**WORK TO BE COMPLETED:** Among the records below, find the lines that contain "this" and copy each of them.

**GIVEN DATA:**
/// What is behind `min` or `max`, up to its end.
#[cycle(reader)]
#[tactic(auto, unfolding(crate::specs::Inner::Reading::call_in))]
fn call_at<'a>(
    made: &mut Making,
    levels: u8,
    extreme: Extreme,
    tokens: &'a [Token],
) -> Result<&'a [Token], Halt>
    requires { load made.old tokens.now < 64 }
    ensures read { Gives (λ rest. (tree_on made.new, rest.now)) result (call_in (part_at levels) extreme tokens.now) }
    ensures under { OnOk result (under made.new ≡ stack made.old) }
    ensures kind { OnOk result (HasRank (stack made.new)) }
    ensures load { IfOk result (λ rest. load made.new rest.now ≤ load made.old tokens.now + 1) }
{
    let rest = behind(Wanted::Open, tokens)?;
    let rest = rank_at(made, levels, Place::Expression, rest)?;
    let rest = behind(Wanted::Comma, rest)?;
    let rest = rank_at(made, levels, Place::Expression, rest)?;
    let rest = behind(Wanted::Close, rest)?;
    made.push(Code::Call(extreme));
    Ok(rest)
}

/// What is behind a parenthesis that an operand begins with, up to its end.
#[cycle(reader)]
#[tactic(auto, unfolding(crate::specs::Inner::Reading::group_in))]
fn group_at<'a>(made: &mut Making, levels: u8, tokens: &'a [Token]) -> Result<&'a [Token], Halt>
    requires { load made.old tokens.now ≤ 64 }
    ensures read { Gives (λ rest. (tree_on made.new, rest.now)) result (group_in (part_at levels) tokens.now) }
    ensures under { OnOk result (under made.new ≡ stack made.old) }
    ensures kind { OnOk result (HasRank (stack made.new)) }
    ensures load { IfOk result (λ rest. load made.new rest.now ≤ load made.old tokens.now) }
{
    let rest = rank_at(made, levels, Place::Expression, tokens)?;
    behind(Wanted::Close, rest)
}

/// The term here.
#[cycle(reader)]
#[tactic(auto, unfolding(crate::specs::Inner::Reading::term_in))]
fn term_at<'a>(made: &mut Making, levels: u8, tokens: &'a [Token]) -> Result<&'a [Token], Halt>
    requires { load made.old tokens.now ≤ 64 }
    ensures read { Gives (λ rest. (tree_on made.new, rest.now)) result (term_in (part_at levels) tokens.now) }
    ensures under { OnOk result (under made.new ≡ stack made.old) }
    ensures kind { OnOk result (HasRank (stack made.new)) }
    ensures load { IfOk result (λ rest. load made.new rest.now ≤ load made.old tokens.now) }
{
    match tokens {
        [] => Err(wanted_at(tokens, Wanted::Operand)),
        [token, rest @ ..] => match token {
            Token::Number(number) => {
                made.push(Code::Number(*number));
                Ok(rest)
            }
            Token::Given(fact) => {
                made.push(Code::Given(*fact));
                Ok(rest)
            }
            Token::NoRank => {
                made.push(Code::NoRank);
                Ok(rest)
            }
            Token::Open => group_at(made, levels, rest),
            Token::Call(extreme) => call_at(made, levels, *extreme, rest),
            Token::NoNumber => Err(wanted_at(tokens, Wanted::Number)),
            _ => Err(wanted_at(tokens, Wanted::Operand)),
        },
    }
}

/// What is behind a first operand and an operator.
#[cycle(reader)]
#[tactic(auto, unfolding(crate::specs::Inner::Reading::infix_in))]
fn infix_at<'a>(
    made: &mut Making,
    levels: u8,
    operator: Operator,
    tokens: &'a [Token],
) -> Result<&'a [Token], Halt>
    requires load { load made.old tokens.now < 64 }
    requires kind { HasRank (stack made.old) }
    ensures read { Gives (λ rest. (tree_on made.new, rest.now)) result
        (infix_in (part_at levels) operator (tree_on made.old) tokens.now) }
    ensures under { OnOk result (under made.new ≡ under made.old) }
    ensures kind { OnOk result (HasRank (stack made.new)) }
    ensures load { IfOk result (λ rest. load made.new rest.now ≤ load made.old tokens.now + 1) }
{
    if operator.may_chain() {
        let rest = rank_at(made, levels, Place::Chain(operator), tokens)?;
        made.push(Code::Infix(operator));
        return Ok(rest);
    }
    let rest = term_at(made, levels, tokens)?;
    let rest = ended(rest)?;
    made.push(Code::Infix(operator));
    Ok(rest)
}

/// What is behind a first operand, in a chain of this operator or in none.
#[cycle(reader)]
#[tactic(auto, unfolding(crate::specs::Inner::Reading::after_in))]
fn after_at<'a>(
    made: &mut Making,
    levels: u8,
    chained: Option<Operator>,
    tokens: &'a [Token],
) -> Result<&'a [Token], Halt>
    requires load { load made.old tokens.now ≤ 64 }
    requires kind { HasRank (stack made.old) }
    ensures read { Gives (λ rest. (tree_on made.new, rest.now)) result
        (after_in (part_at levels) chained (tree_on made.old) tokens.now) }
    ensures under { OnOk result (under made.new ≡ under made.old) }
    ensures kind { OnOk result (HasRank (stack made.new)) }
    ensures load { IfOk result (λ rest. load made.new rest.now ≤ load made.old tokens.now) }
{
    match next_operator(tokens) {
        None => Ok(tokens),
        Some(operator) => {
            if meets(chained, operator) {
                Err(wanted_at(tokens, Wanted::Parentheses))
            } else {
                infix_at(made, levels, operator, rest_of(tokens))
            }
        }
    }
}

/// Operands from here on, in a chain of this operator or in none.
#[cycle(reader)]
#[tactic(auto, unfolding(crate::specs::Inner::Reading::sum_in))]
fn sum_at<'a>(
    made: &mut Making,
    levels: u8,
    chained: Option<Operator>,
    tokens: &'a [Token],
) -> Result<&'a [Token], Halt>
    requires { load made.old tokens.now ≤ 64 }
    ensures read { Gives (λ rest. (tree_on made.new, rest.now)) result (sum_in (part_at levels) chained tokens.now) }
    ensures under { OnOk result (under made.new ≡ stack made.old) }
    ensures kind { OnOk result (HasRank (stack made.new)) }
    ensures load { IfOk result (λ rest. load made.new rest.now ≤ load made.old tokens.now) }
{
    let rest = term_at(made, levels, tokens)?;
    after_at(made, levels, chained, rest)
}
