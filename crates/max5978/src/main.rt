//! The console on standard input: a script in, an answer to each line out.
#![tactic(auto)]

use std::io;
use std::io::{BufWriter, Write};

fn main(rt: HostRuntime) -> io::Result<()> {
    let script = session::read(rt.stdin(), rt.alloc())?;
    let mut out = BufWriter::new(rt.alloc(), rt.stdout())?;
    session::run(&mut out, &script)?;
    out.flush()
}
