// Two fresh queues and what they share.
ghost use Rattle.std.specs.Prelude.{◌≡◌, cond, Ok, Err};
ghost use Rattle.laws.specs.Tests.{all};
ghost use Rattle.pair_rules.specs.Answer.{fresh_reply};
ghost use Rattle.pair_rules.specs.Fresh.{empty_state, fresh, fresh_pair, fresh_shared, setup_conditions, setup_refused, zero_pair};

use crate::{Made, Pair, Reserves, Settings, Setup, Shared, State};
use pie::{Backlog, FULL_ALLOWANCE, LATEST, Pie, Rate};
use refusals::Refusal;
use store::{Ends, Store};
use units::{Bytes, Micros, Prob};

// A state with nothing queued, counted or measured.
fn empty(settings: Settings, clock: Micros, allowance: Micros) -> State
    ensures { result ≡ empty_state settings clock.0 allowance.0 }
{
    let rate = Rate {
        average: Micros(0),
        measuring: false,
        start: Micros(0),
        counted: Bytes(0),
    };
    let pie = Pie {
        prob: Prob::NONE,
        old: Micros(0),
        allowance,
        accumulated: Prob::NONE,
        rate,
    };
    let backlog = Backlog {
        count: 0,
        bytes: Bytes(0),
    };
    let ends = Ends { head: 0, tail: 0 };
    State {
        settings,
        clock,
        last: clock,
        pie,
        backlog,
        ends,
        verdicts: [0, 0, 0, 0, 0],
    }
}

// A shared record with no slot taken.
fn untaken(slots: u64, intercom: u64, passengers: u64) -> Shared
    ensures { result ≡ fresh_shared slots intercom passengers }
{
    let reserves = Reserves {
        intercom,
        passengers,
    };
    let store = Store {
        used: 0,
        freed: 0,
        spare: 0,
    };
    Shared {
        slots,
        reserves,
        store,
    }
}

impl Setup {
    fn in_range(self) -> bool
        ensures { result ≡ all (setup_conditions self) }
    {
        let settings = self.settings;
        settings.in_range() & (self.clock.0 <= LATEST)
    }
}

// The records of zeros that a refusal returns.
fn zeros() -> Pair
    ensures { result ≡ zero_pair }
{
    let none = Settings {
        target: Micros(0),
        buffer: Bytes(0),
    };
    let zero = empty(none, Micros(0), Micros(0));
    Pair {
        shared: untaken(0, 0, 0),
        intercom: zero,
        passengers: zero,
    }
}

// The fresh records, or refusal 1.
fn checked(slots: u64, intercom: Setup, passengers: Setup) -> Result<Pair, Refusal>
    ensures { result ≡ cond (setup_refused slots intercom passengers) (Err Refusal.Settings) (Ok (fresh_pair slots intercom passengers)) }
{
    let shared = untaken(slots, intercom.reserve, passengers.reserve);
    let slots_fit = shared.slots_fit();
    let first = intercom.in_range();
    let second = passengers.in_range();
    if slots_fit && first && second {
        let full = Micros(FULL_ALLOWANCE);
        return Ok(Pair {
            shared,
            intercom: empty(intercom.settings, intercom.clock, full),
            passengers: empty(passengers.settings, passengers.clock, full),
        });
    }
    Err(Refusal::Settings)
}

pub fn fresh(slots: u64, intercom: Setup, passengers: Setup) -> Made
    ensures { fresh_reply result ≡ fresh slots intercom passengers }
{
    match checked(slots, intercom, passengers) {
        Ok(pair) => Made {
            accepted: Ok(()),
            pair,
        },
        Err(refusal) => Made {
            accepted: Err(refusal),
            pair: zeros(),
        },
    }
}
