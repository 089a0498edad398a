// The records of two queues, intercom and passengers, over one pair of tables: their tests and the fresh ones.
#![tactic(auto)]

ghost use Rattle.std.specs.Prelude.{◌≡◌, cond};
ghost use Rattle.pair_rules.specs.declared.Which.TheVariants.{Intercom, Passengers};

use pie::{Backlog, Pie};
use refusals::Refusal;
use store::{Ends, Store};
use units::{Bytes, Micros};

mod making;
mod sharing;
mod testing;

#[derive(Clone, Copy)]
pub enum Which {
    Intercom,
    Passengers,
}

// C names the called queue by whether it is the second.
impl From<bool> for Which {
    ghost from_gives = { λ second which. which ≡ cond second Passengers Intercom };

    fn from(second: bool) -> Which {
        if second {
            Which::Passengers
        } else {
            Which::Intercom
        }
    }
}

#[derive(Clone, Copy)]
pub struct Settings {
    pub target: Micros,
    pub buffer: Bytes,
}

// A queue.
#[derive(Clone, Copy)]
pub struct State {
    pub settings: Settings,
    pub clock: Micros,
    // The clock of the last tick.
    pub last: Micros,
    pub pie: Pie,
    pub backlog: Backlog,
    // The places of the first and the last packet in the tables.
    pub ends: Ends,
    // One count for each kind of verdict, in the order of `Verdict`.
    pub verdicts: [u64; 5],
}

// The slots that only this queue may use.
#[derive(Clone, Copy)]
pub struct Reserves {
    pub intercom: u64,
    pub passengers: u64,
}

// What both queues share.
#[derive(Clone, Copy)]
pub struct Shared {
    pub slots: u64,
    pub reserves: Reserves,
    pub store: Store,
}

#[derive(Clone, Copy)]
pub struct Pair {
    pub shared: Shared,
    pub intercom: State,
    pub passengers: State,
}

// What `fresh` is told of a queue.
#[derive(Clone, Copy)]
pub struct Setup {
    pub settings: Settings,
    pub reserve: u64,
    pub clock: Micros,
}

// What `fresh` returns: of a refusal the records of all zeros.
#[derive(Clone, Copy)]
pub struct Made {
    pub accepted: Result<(), Refusal>,
    pub pair: Pair,
}

pub use making::fresh;
pub use testing::well_formed;
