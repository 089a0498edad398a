// Whether the records are well formed. Any values of their fields are taken.
ghost use Rattle.std.specs.Prelude.{◌≡◌, true, ◌≤◌};
ghost use Rattle.laws.specs.Tests.{all};
ghost use Rattle.pair_rules.specs.Queues.{paired};
ghost use Rattle.pair_rules.specs.WellFormed.{both_conditions, queue_conditions, settings_conditions};
ghost use Rattle.pair_rules.specs.WellFormed.{shared_conditions, slots_conditions, well_formed};
ghost use Rattle.pair_rules.specs.declared.Which.TheVariants.{Intercom};

use crate::{Settings, Shared, State};
use pie::{FULL_ALLOWANCE, LARGEST, LATEST, LONGEST, MOST_ACCUMULATED, measurement_fits};
use refusals::counts_fit;
use units::Prob;

impl Settings {
    pub(crate) fn in_range(self) -> bool
        ensures { result ≡ all (settings_conditions self) }
    {
        (1_000 <= self.target.0)
            & (self.target.0 <= 100_000)
            & (1 <= self.buffer.0)
            & (self.buffer.0 <= 16_777_216)
    }
}

impl Shared {
    // Both reserves are tested without a sum, which might not fit.
    pub(crate) fn slots_fit(self) -> bool
        ensures { result ≡ all (slots_conditions self) }
    {
        let slots = self.slots;
        let reserves = self.reserves;
        if slots < reserves.intercom {
            return false;
        }
        (1 <= slots) & (slots <= 65_536) & (reserves.passengers <= slots - reserves.intercom)
    }

    pub fn fits(self) -> bool
        ensures { result ≡ all (shared_conditions self) }
    {
        let store = self.store;
        self.slots_fit() & (store.freed < self.slots) & (store.used <= self.slots)
    }

    // Common use, and that each used slot holds a packet or was freed.
    pub fn holds(self, intercom: State, passengers: State) -> bool
        requires self_value { all (shared_conditions self) ≡ true }
        requires count_le_slots { (intercom.backlog.count ≤ self.slots) × (passengers.backlog.count ≤ self.slots) }
        ensures { result ≡ all (both_conditions (paired Intercom self intercom passengers)) }
    {
        let reserves = self.reserves;
        let store = self.store;
        let a = intercom.backlog.count;
        let b = passengers.backlog.count;
        if store.used < a + b {
            return false;
        }
        let common = self.slots - reserves.intercom - reserves.passengers;
        let used = a.saturating_sub(reserves.intercom) + b.saturating_sub(reserves.passengers);
        (used <= common) & (store.spare == store.used - (a + b))
    }
}

impl State {
    // In the shape of the ring queue's `State::well_formed` (docs/PERFORMANCE.md).
    pub fn fits(self, slots: u64) -> bool
        requires { slots ≤ 65536 }
        ensures { result ≡ all (queue_conditions slots self) }
    {
        let counts = self.verdicts;
        if !counts_fit(counts) {
            return false;
        }
        let settings = self.settings;
        let pie = self.pie;
        let backlog = self.backlog;
        let wrong = !settings.in_range()
            | (self.clock.0 < self.last.0)
            | (LATEST < self.clock.0)
            | (Prob::WHOLE.0 < pie.prob.0)
            | (LONGEST < pie.old.0)
            | (FULL_ALLOWANCE < pie.allowance.0)
            | (MOST_ACCUMULATED <= pie.accumulated.0)
            | (LONGEST < pie.rate.average.0)
            | (slots <= self.ends.head)
            | (slots <= self.ends.tail)
            | (slots < backlog.count)
            | (backlog.bytes.0 < backlog.count)
            | (settings.buffer.0 < backlog.bytes.0);
        if wrong {
            return false;
        }
        if LARGEST * backlog.count < backlog.bytes.0 {
            return false;
        }
        measurement_fits(pie.rate, self.clock, backlog.count)
    }
}

pub fn well_formed(shared: Shared, intercom: State, passengers: State) -> bool
    ensures { result ≡ well_formed (paired Intercom shared intercom passengers) }
{
    if !shared.fits() {
        return false;
    }
    if !intercom.fits(shared.slots) {
        return false;
    }
    if !passengers.fits(shared.slots) {
        return false;
    }
    shared.holds(intercom, passengers)
}
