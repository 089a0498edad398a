// The slots that are common to both queues.
ghost use Rattle.std.specs.Prelude.{◌≡◌, ◌&&◌, ◌+◌, ◌-◌, ◌≤◌, eqb, leb};
ghost use Rattle.pair_rules.specs.Facing.{facing};
ghost use Rattle.pair_rules.specs.Queues.{common_slots};

use crate::{Reserves, Shared, Which};

impl Shared {
    // The same with the called queue's reserve in the first place.
    pub fn facing(self, which: Which) -> Shared
        ensures { result ≡ facing which self }
    {
        match which {
            Which::Intercom => self,
            Which::Passengers => {
                let reserves = Reserves {
                    intercom: self.reserves.passengers,
                    passengers: self.reserves.intercom,
                };
                Shared { reserves, ..self }
            }
        }
    }

    // Rule 2, where the first queue is called: the counts of both.
    pub fn full(self, own: u64, other: u64) -> bool
        requires passengers_bound { (self.reserves.intercom + self.reserves.passengers ≤ self.slots) × (self.slots ≤ 65536) }
        requires own_bound { (own ≤ 65536) × (other ≤ 65536) }
        ensures { result ≡ (leb self.reserves.intercom own
            && eqb ((own - self.reserves.intercom) + (other - self.reserves.passengers)) (common_slots self)) }
    {
        let reserves = self.reserves;
        if own < reserves.intercom {
            return false;
        }
        own + other.max(reserves.passengers) == self.slots
    }
}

**ANSWER SECTION:**
/// What is behind a first operand, in a chain of this operator or in none.
/// Operands from here on, in a chain of this operator or in none.
// The slots that only this queue may use.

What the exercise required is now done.